**TASK TO COMPLETE:**
Filter this material down to the lines that hold "AUDIENCES", copying each one.

**PROVIDED RECORDS:**
===============

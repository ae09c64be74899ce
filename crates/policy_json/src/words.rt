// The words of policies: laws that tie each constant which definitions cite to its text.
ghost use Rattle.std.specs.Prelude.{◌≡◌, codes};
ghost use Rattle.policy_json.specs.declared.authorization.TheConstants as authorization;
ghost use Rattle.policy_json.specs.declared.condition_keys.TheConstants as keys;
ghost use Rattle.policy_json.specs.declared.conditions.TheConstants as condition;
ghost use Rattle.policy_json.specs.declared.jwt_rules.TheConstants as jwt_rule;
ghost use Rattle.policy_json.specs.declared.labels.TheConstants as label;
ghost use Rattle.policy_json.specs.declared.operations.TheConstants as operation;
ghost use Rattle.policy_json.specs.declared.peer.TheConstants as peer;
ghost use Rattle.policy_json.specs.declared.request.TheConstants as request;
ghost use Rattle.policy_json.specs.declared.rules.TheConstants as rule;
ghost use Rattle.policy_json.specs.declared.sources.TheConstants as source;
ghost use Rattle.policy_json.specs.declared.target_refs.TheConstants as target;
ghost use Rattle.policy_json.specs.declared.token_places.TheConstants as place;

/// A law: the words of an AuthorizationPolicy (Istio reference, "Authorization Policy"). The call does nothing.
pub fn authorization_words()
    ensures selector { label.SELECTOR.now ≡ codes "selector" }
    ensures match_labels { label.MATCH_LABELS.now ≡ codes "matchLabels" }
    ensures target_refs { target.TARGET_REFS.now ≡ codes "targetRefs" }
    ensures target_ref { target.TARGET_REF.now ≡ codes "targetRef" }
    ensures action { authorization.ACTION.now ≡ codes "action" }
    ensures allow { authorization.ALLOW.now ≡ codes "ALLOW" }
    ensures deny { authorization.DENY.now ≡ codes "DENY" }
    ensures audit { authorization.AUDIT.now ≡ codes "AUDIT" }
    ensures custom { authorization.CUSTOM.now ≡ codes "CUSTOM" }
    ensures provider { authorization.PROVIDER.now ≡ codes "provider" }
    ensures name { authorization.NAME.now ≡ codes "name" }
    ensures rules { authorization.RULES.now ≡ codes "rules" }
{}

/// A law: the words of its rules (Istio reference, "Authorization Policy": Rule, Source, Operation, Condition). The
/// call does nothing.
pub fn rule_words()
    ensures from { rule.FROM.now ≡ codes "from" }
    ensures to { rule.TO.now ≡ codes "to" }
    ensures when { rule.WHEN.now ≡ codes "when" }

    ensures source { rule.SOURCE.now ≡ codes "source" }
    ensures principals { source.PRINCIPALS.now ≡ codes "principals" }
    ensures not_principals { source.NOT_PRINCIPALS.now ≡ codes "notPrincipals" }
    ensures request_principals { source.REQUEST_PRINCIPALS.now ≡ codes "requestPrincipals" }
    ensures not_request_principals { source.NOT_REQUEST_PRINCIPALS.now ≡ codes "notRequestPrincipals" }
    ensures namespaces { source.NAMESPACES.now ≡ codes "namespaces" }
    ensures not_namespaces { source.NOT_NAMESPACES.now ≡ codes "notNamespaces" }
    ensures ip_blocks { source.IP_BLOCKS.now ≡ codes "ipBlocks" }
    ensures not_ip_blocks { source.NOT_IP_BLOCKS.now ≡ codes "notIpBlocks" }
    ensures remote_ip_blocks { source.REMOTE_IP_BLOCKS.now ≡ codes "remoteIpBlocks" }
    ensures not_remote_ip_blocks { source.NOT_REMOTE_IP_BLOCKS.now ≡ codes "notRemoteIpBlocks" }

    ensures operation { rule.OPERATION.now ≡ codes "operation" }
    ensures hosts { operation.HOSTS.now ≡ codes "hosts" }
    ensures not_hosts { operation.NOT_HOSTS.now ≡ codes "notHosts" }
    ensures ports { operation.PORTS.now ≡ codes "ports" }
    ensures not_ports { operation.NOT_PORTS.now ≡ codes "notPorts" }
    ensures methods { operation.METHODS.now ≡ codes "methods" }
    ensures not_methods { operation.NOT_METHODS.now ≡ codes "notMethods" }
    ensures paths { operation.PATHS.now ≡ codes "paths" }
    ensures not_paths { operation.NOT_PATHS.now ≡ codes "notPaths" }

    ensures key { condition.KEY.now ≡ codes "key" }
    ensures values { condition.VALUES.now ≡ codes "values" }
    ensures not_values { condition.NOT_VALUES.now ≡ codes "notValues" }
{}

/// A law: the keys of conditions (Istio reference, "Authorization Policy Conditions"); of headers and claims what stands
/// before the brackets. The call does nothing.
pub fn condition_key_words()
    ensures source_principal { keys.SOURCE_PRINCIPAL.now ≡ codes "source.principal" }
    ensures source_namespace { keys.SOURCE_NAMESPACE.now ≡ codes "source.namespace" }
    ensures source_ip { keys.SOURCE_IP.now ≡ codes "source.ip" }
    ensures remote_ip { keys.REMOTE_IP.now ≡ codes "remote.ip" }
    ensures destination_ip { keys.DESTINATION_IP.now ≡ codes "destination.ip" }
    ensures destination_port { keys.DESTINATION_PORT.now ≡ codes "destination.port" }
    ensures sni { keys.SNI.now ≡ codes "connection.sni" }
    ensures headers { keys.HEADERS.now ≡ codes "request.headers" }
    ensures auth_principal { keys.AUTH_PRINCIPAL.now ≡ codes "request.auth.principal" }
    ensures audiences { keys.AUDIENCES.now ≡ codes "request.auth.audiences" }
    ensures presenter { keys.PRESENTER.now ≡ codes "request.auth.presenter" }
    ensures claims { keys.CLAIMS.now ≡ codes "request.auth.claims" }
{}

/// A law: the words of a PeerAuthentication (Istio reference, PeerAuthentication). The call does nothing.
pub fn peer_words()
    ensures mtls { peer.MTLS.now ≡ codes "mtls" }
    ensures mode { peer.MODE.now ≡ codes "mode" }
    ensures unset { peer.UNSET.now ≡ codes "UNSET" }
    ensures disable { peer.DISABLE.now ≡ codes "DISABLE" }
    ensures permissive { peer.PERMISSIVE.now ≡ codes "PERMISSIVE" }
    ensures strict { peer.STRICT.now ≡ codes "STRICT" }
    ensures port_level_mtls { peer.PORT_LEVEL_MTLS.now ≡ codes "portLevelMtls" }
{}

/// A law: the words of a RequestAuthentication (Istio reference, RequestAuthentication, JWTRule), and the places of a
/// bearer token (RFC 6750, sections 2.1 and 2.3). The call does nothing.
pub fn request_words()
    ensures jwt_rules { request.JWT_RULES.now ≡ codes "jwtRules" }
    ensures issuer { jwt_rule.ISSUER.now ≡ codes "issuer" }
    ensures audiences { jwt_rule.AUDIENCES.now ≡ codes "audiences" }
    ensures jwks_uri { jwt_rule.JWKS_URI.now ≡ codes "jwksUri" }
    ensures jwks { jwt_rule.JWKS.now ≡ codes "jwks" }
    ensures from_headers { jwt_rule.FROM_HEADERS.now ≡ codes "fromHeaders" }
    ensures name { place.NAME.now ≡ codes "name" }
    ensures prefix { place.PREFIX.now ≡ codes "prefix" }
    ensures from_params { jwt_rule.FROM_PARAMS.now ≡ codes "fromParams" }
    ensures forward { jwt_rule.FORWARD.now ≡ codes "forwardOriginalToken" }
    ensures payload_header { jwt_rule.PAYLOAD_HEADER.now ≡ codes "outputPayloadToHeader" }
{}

===============

**YOUR RESPONSE:**
    ensures audiences { keys.AUDIENCES.now ≡ codes "request.auth.audiences" }
    ensures audiences { jwt_rule.AUDIENCES.now ≡ codes "audiences" }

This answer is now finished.